=== Work request ===
What you return must match the records exactly, line for line.

:: Data for this task ::

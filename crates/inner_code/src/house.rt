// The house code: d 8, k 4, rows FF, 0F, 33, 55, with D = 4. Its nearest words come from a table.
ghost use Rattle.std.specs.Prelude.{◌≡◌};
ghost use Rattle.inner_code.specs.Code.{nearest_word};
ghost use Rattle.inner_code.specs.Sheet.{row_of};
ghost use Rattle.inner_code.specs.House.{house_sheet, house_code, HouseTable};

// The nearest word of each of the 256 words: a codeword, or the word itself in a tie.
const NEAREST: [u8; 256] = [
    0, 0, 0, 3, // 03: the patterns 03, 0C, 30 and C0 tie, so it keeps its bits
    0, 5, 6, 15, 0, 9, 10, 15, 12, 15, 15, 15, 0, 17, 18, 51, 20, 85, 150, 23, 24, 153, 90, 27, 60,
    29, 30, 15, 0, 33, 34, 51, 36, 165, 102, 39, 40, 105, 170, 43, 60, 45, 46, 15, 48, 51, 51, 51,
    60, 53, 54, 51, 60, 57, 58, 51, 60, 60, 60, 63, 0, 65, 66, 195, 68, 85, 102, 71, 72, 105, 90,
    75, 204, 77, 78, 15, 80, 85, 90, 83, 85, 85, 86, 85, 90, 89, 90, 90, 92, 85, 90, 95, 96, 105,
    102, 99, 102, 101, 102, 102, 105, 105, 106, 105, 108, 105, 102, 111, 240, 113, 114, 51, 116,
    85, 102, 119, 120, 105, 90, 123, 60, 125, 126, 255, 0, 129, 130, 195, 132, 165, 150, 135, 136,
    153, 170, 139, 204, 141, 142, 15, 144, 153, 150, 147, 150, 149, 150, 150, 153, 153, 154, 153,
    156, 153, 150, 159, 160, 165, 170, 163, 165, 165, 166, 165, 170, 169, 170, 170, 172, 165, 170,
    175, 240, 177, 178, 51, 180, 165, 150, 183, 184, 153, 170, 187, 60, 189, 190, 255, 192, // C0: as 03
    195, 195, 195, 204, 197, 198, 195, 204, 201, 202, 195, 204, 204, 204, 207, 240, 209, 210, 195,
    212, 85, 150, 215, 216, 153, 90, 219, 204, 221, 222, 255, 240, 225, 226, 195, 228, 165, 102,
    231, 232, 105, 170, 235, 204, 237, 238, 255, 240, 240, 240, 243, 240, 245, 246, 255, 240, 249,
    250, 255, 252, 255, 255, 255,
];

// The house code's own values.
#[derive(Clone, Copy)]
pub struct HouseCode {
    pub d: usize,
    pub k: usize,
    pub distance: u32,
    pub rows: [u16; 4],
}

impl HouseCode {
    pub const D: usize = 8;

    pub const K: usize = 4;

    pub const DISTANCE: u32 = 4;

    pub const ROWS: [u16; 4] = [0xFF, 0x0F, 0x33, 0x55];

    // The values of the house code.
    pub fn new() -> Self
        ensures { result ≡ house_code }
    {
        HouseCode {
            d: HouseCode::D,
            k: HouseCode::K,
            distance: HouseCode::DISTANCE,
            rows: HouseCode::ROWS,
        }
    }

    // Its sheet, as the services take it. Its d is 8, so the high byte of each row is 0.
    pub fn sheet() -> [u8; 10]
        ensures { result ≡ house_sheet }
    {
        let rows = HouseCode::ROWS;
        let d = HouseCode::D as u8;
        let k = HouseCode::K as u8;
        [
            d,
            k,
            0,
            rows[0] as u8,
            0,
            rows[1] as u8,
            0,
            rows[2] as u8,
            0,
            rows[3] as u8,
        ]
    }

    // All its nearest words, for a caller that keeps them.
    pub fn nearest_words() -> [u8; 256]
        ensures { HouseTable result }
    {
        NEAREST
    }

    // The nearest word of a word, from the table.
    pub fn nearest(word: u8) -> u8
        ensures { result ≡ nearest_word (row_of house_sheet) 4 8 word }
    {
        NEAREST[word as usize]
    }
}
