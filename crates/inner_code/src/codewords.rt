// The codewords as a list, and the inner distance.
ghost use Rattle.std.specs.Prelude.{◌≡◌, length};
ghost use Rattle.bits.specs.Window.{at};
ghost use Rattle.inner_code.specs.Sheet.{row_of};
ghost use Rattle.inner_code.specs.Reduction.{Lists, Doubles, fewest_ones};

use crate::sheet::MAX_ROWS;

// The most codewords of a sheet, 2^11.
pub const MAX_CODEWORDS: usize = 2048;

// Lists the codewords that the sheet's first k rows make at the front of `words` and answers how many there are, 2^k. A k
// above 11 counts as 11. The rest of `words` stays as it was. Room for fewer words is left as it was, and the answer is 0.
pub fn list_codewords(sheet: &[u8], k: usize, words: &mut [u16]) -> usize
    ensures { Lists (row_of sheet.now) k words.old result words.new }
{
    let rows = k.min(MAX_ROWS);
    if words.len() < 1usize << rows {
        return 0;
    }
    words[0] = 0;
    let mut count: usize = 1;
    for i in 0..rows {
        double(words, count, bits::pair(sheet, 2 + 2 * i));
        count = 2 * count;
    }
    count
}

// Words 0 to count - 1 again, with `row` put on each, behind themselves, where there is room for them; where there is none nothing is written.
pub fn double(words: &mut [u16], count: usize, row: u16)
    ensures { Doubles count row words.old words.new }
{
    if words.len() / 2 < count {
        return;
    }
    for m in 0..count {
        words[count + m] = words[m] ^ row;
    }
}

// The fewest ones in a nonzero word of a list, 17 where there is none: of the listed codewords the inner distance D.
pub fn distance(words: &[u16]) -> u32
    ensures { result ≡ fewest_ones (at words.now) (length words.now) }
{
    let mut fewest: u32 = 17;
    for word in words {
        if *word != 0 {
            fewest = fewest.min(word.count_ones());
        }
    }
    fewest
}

:::

=== Task result ===
filename crates/inner_code/src/house.rt
// The house code: d 8, k 4, rows FF, 0F, 33, 55, with D = 4. Its nearest words come from a table.
ghost use Rattle.std.specs.Prelude.{◌≡◌};
ghost use Rattle.inner_code.specs.Code.{nearest_word};
ghost use Rattle.inner_code.specs.Sheet.{row_of};
ghost use Rattle.inner_code.specs.House.{house_sheet, house_code, HouseTable};

// The nearest word of each of the 256 words: a codeword, or the word itself in a tie.
const NEAREST: [u8; 256] = [
    0, 0, 0, 3, // 03: the patterns 03, 0C, 30 and C0 tie, so it keeps its bits
    0, 5, 6, 15, 0, 9, 10, 15, 12, 15, 15, 15, 0, 17, 18, 51, 20, 85, 150, 23, 24, 153, 90, 27, 60,
    29, 30, 15, 0, 33, 34, 51, 36, 165, 102, 39, 40, 105, 170, 43, 60, 45, 46, 15, 48, 51, 51, 51,
    60, 53, 54, 51, 60, 57, 58, 51, 60, 60, 60, 63, 0, 65, 66, 195, 68, 85, 102, 71, 72, 105, 90,
    75, 204, 77, 78, 15, 80, 85, 90, 83, 85, 85, 86, 85, 90, 89, 90, 90, 92, 85, 90, 95, 96, 105,
    102, 99, 102, 101, 102, 102, 105, 105, 106, 105, 108, 105, 102, 111, 240, 113, 114, 51, 116,
    85, 102, 119, 120, 105, 90, 123, 60, 125, 126, 255, 0, 129, 130, 195, 132, 165, 150, 135, 136,
    153, 170, 139, 204, 141, 142, 15, 144, 153, 150, 147, 150, 149, 150, 150, 153, 153, 154, 153,
    156, 153, 150, 159, 160, 165, 170, 163, 165, 165, 166, 165, 170, 169, 170, 170, 172, 165, 170,
    175, 240, 177, 178, 51, 180, 165, 150, 183, 184, 153, 170, 187, 60, 189, 190, 255, 192, // C0: as 03
    195, 195, 195, 204, 197, 198, 195, 204, 201, 202, 195, 204, 204, 204, 207, 240, 209, 210, 195,
    212, 85, 150, 215, 216, 153, 90, 219, 204, 221, 222, 255, 240, 225, 226, 195, 228, 165, 102,
    231, 232, 105, 170, 235, 204, 237, 238, 255, 240, 240, 240, 243, 240, 245, 246, 255, 240, 249,
    250, 255, 252, 255, 255, 255,
];

// The house code's own values.
#[derive(Clone, Copy)]
pub struct HouseCode {
    pub d: usize,
    pub k: usize,
    pub distance: u32,
    pub rows: [u16; 4],
}

impl HouseCode {
    pub const D: usize = 8;

    pub const K: usize = 4;

    pub const DISTANCE: u32 = 4;

    pub const ROWS: [u16; 4] = [0xFF, 0x0F, 0x33, 0x55];

    // The values of the house code.
    pub fn new() -> Self
        ensures { result ≡ house_code }
    {
        HouseCode {
            d: HouseCode::D,
            k: HouseCode::K,
            distance: HouseCode::DISTANCE,
            rows: HouseCode::ROWS,
        }
    }

    // Its sheet, as the services take it. Its d is 8, so the high byte of each row is 0.
    pub fn sheet() -> [u8; 10]
        ensures { result ≡ house_sheet }
    {
        let rows = HouseCode::ROWS;
        let d = HouseCode::D as u8;
        let k = HouseCode::K as u8;
        [
            d,
            k,
            0,
            rows[0] as u8,
            0,
            rows[1] as u8,
            0,
            rows[2] as u8,
            0,
            rows[3] as u8,
        ]
    }

    // All its nearest words, for a caller that keeps them.
    pub fn nearest_words() -> [u8; 256]
        ensures { HouseTable result }
    {
        NEAREST
    }

    // The nearest word of a word, from the table.
    pub fn nearest(word: u8) -> u8
        ensures { result ≡ nearest_word (row_of house_sheet) 4 8 word }
    {
        NEAREST[word as usize]
    }
}
filename crates/inner_code/src/codewords.rt
// The codewords as a list, and the inner distance.
ghost use Rattle.std.specs.Prelude.{◌≡◌, length};
ghost use Rattle.bits.specs.Window.{at};
ghost use Rattle.inner_code.specs.Sheet.{row_of};
ghost use Rattle.inner_code.specs.Reduction.{Lists, Doubles, fewest_ones};

use crate::sheet::MAX_ROWS;

// The most codewords of a sheet, 2^11.
pub const MAX_CODEWORDS: usize = 2048;

// Lists the codewords that the sheet's first k rows make at the front of `words` and answers how many there are, 2^k. A k
// above 11 counts as 11. The rest of `words` stays as it was. Room for fewer words is left as it was, and the answer is 0.
pub fn list_codewords(sheet: &[u8], k: usize, words: &mut [u16]) -> usize
    ensures { Lists (row_of sheet.now) k words.old result words.new }
{
    let rows = k.min(MAX_ROWS);
    if words.len() < 1usize << rows {
        return 0;
    }
    words[0] = 0;
    let mut count: usize = 1;
    for i in 0..rows {
        double(words, count, bits::pair(sheet, 2 + 2 * i));
        count = 2 * count;
    }
    count
}

// Words 0 to count - 1 again, with `row` put on each, behind themselves, where there is room for them; where there is none nothing is written.
pub fn double(words: &mut [u16], count: usize, row: u16)
    ensures { Doubles count row words.old words.new }
{
    if words.len() / 2 < count {
        return;
    }
    for m in 0..count {
        words[count + m] = words[m] ^ row;
    }
}

// The fewest ones in a nonzero word of a list, 17 where there is none: of the listed codewords the inner distance D.
pub fn distance(words: &[u16]) -> u32
    ensures { result ≡ fewest_ones (at words.now) (length words.now) }
{
    let mut fewest: u32 = 17;
    for word in words {
        if *word != 0 {
            fewest = fewest.min(word.count_ones());
        }
    }
    fewest
}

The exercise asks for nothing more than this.